_Work instruction:_
The records appear below. Report how many of their lines contain the word "AllocError", giving the number alone.

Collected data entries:
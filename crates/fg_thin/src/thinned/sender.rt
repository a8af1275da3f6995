//! What is sent of payloads, as bytes of a trace.
ghost use Rattle.std.specs.Prelude.{◌≡◌, ◌+◌, ◌*◌, ◌<◌, ◌≤◌, ◌^◌, List, ℕ, IfOk, length, min, take, drop, true, false, [], ◌∷◌, ◌++◌};
ghost use Rattle.std.specs.List.{flat_map};
ghost use Rattle.fg_ts.specs.Packets.{ArePackets};
ghost use Rattle.fg_trace.specs.Trace.{magic, spelling};
ghost use Rattle.fg_encode.specs.Encoder.{StandsAfter};
ghost use Rattle.fg_shape.specs.Settings.{CanEncode};
ghost use Rattle.fg_encode.specs.Encoding.{records_at};
ghost use Rattle.fg_thin.specs.Thinned.{is_lost, without};

use super::lost::Lost;
use super::outgoing::Outgoing;
use fg_encode::{Batch, Encoder};
use fg_shape::{Losses, Settings};
use std::alloc::{AllocError, Global};
use std::marker::Model;

/// Encodes payloads, leaves records out, and holds the bytes of the others until they are given.
#[derive(Drop)]
pub(crate) struct Sender {
    encoder: Encoder,
    batch: Batch,
    lost: Lost,
    number: u64,
    outgoing: Outgoing,
}

impl Model for Sender {
    ghost use Rattle.fg_thin.specs.Sending.{SenderState};

    ghost Value = { SenderState };

    ghost view = { λ a. record {
      encoder = a.encoder;
      losses = a.lost;
      number = a.number;
      held = a.outgoing;
    } };
}

impl Sender {
    /// Before the first payload, it holds the beginning of the trace. All its memory is taken here.
    pub(crate) fn new(
        alloc: Global,
        settings: Settings,
        losses: &Losses,
    ) -> Result<Sender, AllocError>
        requires { CanEncode settings }
        ensures stands { IfOk result (λ sender. StandsAfter sender.encoder []) }
        ensures settings { IfOk result (λ sender. sender.encoder.settings ≡ settings) }
        ensures losses { IfOk result (λ sender. (number : ℕ)
            → is_lost sender.losses number ≡ is_lost losses.now number) }
        ensures number { IfOk result (λ sender. sender.number ≡ 0) }
        ensures held { IfOk result (λ sender. sender.held ≡ magic) }
    {
        Ok(Sender {
            encoder: Encoder::new(alloc, settings)?,
            batch: Batch::new(alloc)?,
            lost: Lost::new(alloc, losses)?,
            number: 0,
            outgoing: Outgoing::new(alloc)?,
        })
    }

    /// Whether all that it held was given.
    pub(crate) fn is_empty(&self) -> bool
        ensures empty { result ≡ true → self.now.held ≡ [] }
        ensures some { result ≡ false → 0 < length self.now.held }
    {
        self.outgoing.is_empty()
    }

    /// Gives some of what it holds to the front of `into`, as much as there is or has room, and answers how much.
    pub(crate) fn give(&mut self, into: &mut [u8]) -> usize
        ensures count { result ≡ min (length into.old) (length self.old.held) }
        ensures bytes { take result into.new ≡ take result self.old.held }
        ensures left { self.new ≡ record self.old { held = drop result self.old.held } }
    {
        self.outgoing.give(into)
    }

    /// Takes the next payload. It then holds what is sent for it, in place of what it held.
    pub(crate) fn send(&mut self, payload: &[u8])
        requires stands { (payloads : List (List ℕ)) × StandsAfter self.old.encoder payloads }
        requires packets { (k : ℕ) × (1 ≤ k) × (k ≤ self.old.encoder.settings.packets) × ArePackets payload.now k }
        requires limit { 188 * self.old.encoder.settings.packets * self.old.encoder.taken + length payload.now ≤ 2 ^ 40 }
        requires number { self.old.number ≤ 2 ^ 60 }
        ensures held { (payloads : List (List ℕ)) → StandsAfter self.old.encoder payloads
            → self.new.held ≡ flat_map spelling (without (is_lost self.old.losses) self.old.number
            (records_at self.old.encoder.settings (payloads ++ payload.now ∷ []) (length payloads))) }
        ensures number { (payloads : List (List ℕ)) → StandsAfter self.old.encoder payloads
            → self.new.number ≡ self.old.number
            + length (records_at self.old.encoder.settings (payloads ++ payload.now ∷ []) (length payloads)) }
        ensures few { self.new.number ≤ self.old.number + 3 }
        ensures stands { (payloads : List (List ℕ)) → StandsAfter self.old.encoder payloads
            → length payload.now ≡ 188 * self.old.encoder.settings.packets
            → StandsAfter self.new.encoder (payloads ++ payload.now ∷ []) }
        ensures settings { self.new.encoder.settings ≡ self.old.encoder.settings }
        ensures losses { self.new.losses ≡ self.old.losses }
    {
        self.encoder.push(payload, &mut self.batch);
        self.outgoing.fill(&self.batch, self.number, &self.lost);
        self.number += self.batch.count() as u64;
    }
}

_Response:_
2